[Dataset entries]
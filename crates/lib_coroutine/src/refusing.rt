// First arguments, and those of another type than is wanted (luaL_typeerror of lauxlib.c and getco of lcorolib.c).
ghost use Rattle.std.specs.Prelude.{◌≡◌, List, IfOk, OnErr};
ghost use Rattle.int_core.specs.Value.{Value as Meant, shape};
ghost use Rattle.lua_heap.specs.Reading.{value as meant};
ghost use Rattle.machine_core.specs.FrameRows.{blames};
ghost use Rattle.machine_core.specs.MachineStep.{wrong_type};
ghost use Rattle.move_laws.specs.Memory.{InOrder, IsSound, Leads};
ghost use Rattle.machine_moves.specs.Ending.{ending_of};
ghost use Rattle.lib_coroutine.specs.Arguments.{can_be_called, coroutine_in};

use library_arguments::Refusal;
use lua_heap::{World, type_name};
use machine_errors::blame;
use machine_moves::Ending;
use std::alloc::AllocError;
use table_core::{CoroId, Value};

/// The coroutine that a value is, where it is one.
pub(crate) fn coroutine_of(v: Value) -> Option<CoroId>
    ensures { result ≡ coroutine_in v }
{
    match v {
        Value::Coro(co) => Some(co),
        _ => None,
    }
}

/// Whether a value is a function.
pub(crate) fn can_be_called(v: Value) -> bool
    ensures { result ≡ can_be_called v }
{
    match v {
        Value::Func(_) => true,
        Value::Prim(_) => true,
        _ => false,
    }
}

/// The error of a first argument that has another type than is wanted. A refusal of memory changes nothing.
pub(crate) fn refuse(
    world: &mut World,
    function: &'static [u8],
    wanted: &'static [u8],
    got: Value,
) -> Result<Ending, AllocError>
    requires { IsSound world.old }
    ensures leads { IfOk result (λ ending. (env : List Meant) → Leads (blames (wrong_type 1 function.now wanted.now (shape (meant world.old.strings got)))) env world.old world.new (ending_of ending)) }
    ensures order { InOrder world.new }
    ensures err { OnErr result (world.new ≡ world.old) }
{
    let refusal = Refusal::WrongType {
        place: 1,
        function,
        wanted,
        got: type_name(got),
    };
    let text = refusal.text(world.alloc)?;
    blame(world, &text)
}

## What is required
All of the entries must be given again, word for word.

## Response to the task
filename crates/lib_coroutine/src/refusing.rt
// First arguments, and those of another type than is wanted (luaL_typeerror of lauxlib.c and getco of lcorolib.c).
ghost use Rattle.std.specs.Prelude.{◌≡◌, List, IfOk, OnErr};
ghost use Rattle.int_core.specs.Value.{Value as Meant, shape};
ghost use Rattle.lua_heap.specs.Reading.{value as meant};
ghost use Rattle.machine_core.specs.FrameRows.{blames};
ghost use Rattle.machine_core.specs.MachineStep.{wrong_type};
ghost use Rattle.move_laws.specs.Memory.{InOrder, IsSound, Leads};
ghost use Rattle.machine_moves.specs.Ending.{ending_of};
ghost use Rattle.lib_coroutine.specs.Arguments.{can_be_called, coroutine_in};

use library_arguments::Refusal;
use lua_heap::{World, type_name};
use machine_errors::blame;
use machine_moves::Ending;
use std::alloc::AllocError;
use table_core::{CoroId, Value};

/// The coroutine that a value is, where it is one.
pub(crate) fn coroutine_of(v: Value) -> Option<CoroId>
    ensures { result ≡ coroutine_in v }
{
    match v {
        Value::Coro(co) => Some(co),
        _ => None,
    }
}

/// Whether a value is a function.
pub(crate) fn can_be_called(v: Value) -> bool
    ensures { result ≡ can_be_called v }
{
    match v {
        Value::Func(_) => true,
        Value::Prim(_) => true,
        _ => false,
    }
}

/// The error of a first argument that has another type than is wanted. A refusal of memory changes nothing.
pub(crate) fn refuse(
    world: &mut World,
    function: &'static [u8],
    wanted: &'static [u8],
    got: Value,
) -> Result<Ending, AllocError>
    requires { IsSound world.old }
    ensures leads { IfOk result (λ ending. (env : List Meant) → Leads (blames (wrong_type 1 function.now wanted.now (shape (meant world.old.strings got)))) env world.old world.new (ending_of ending)) }
    ensures order { InOrder world.new }
    ensures err { OnErr result (world.new ≡ world.old) }
{
    let refusal = Refusal::WrongType {
        place: 1,
        function,
        wanted,
        got: type_name(got),
    };
    let text = refusal.text(world.alloc)?;
    blame(world, &text)
}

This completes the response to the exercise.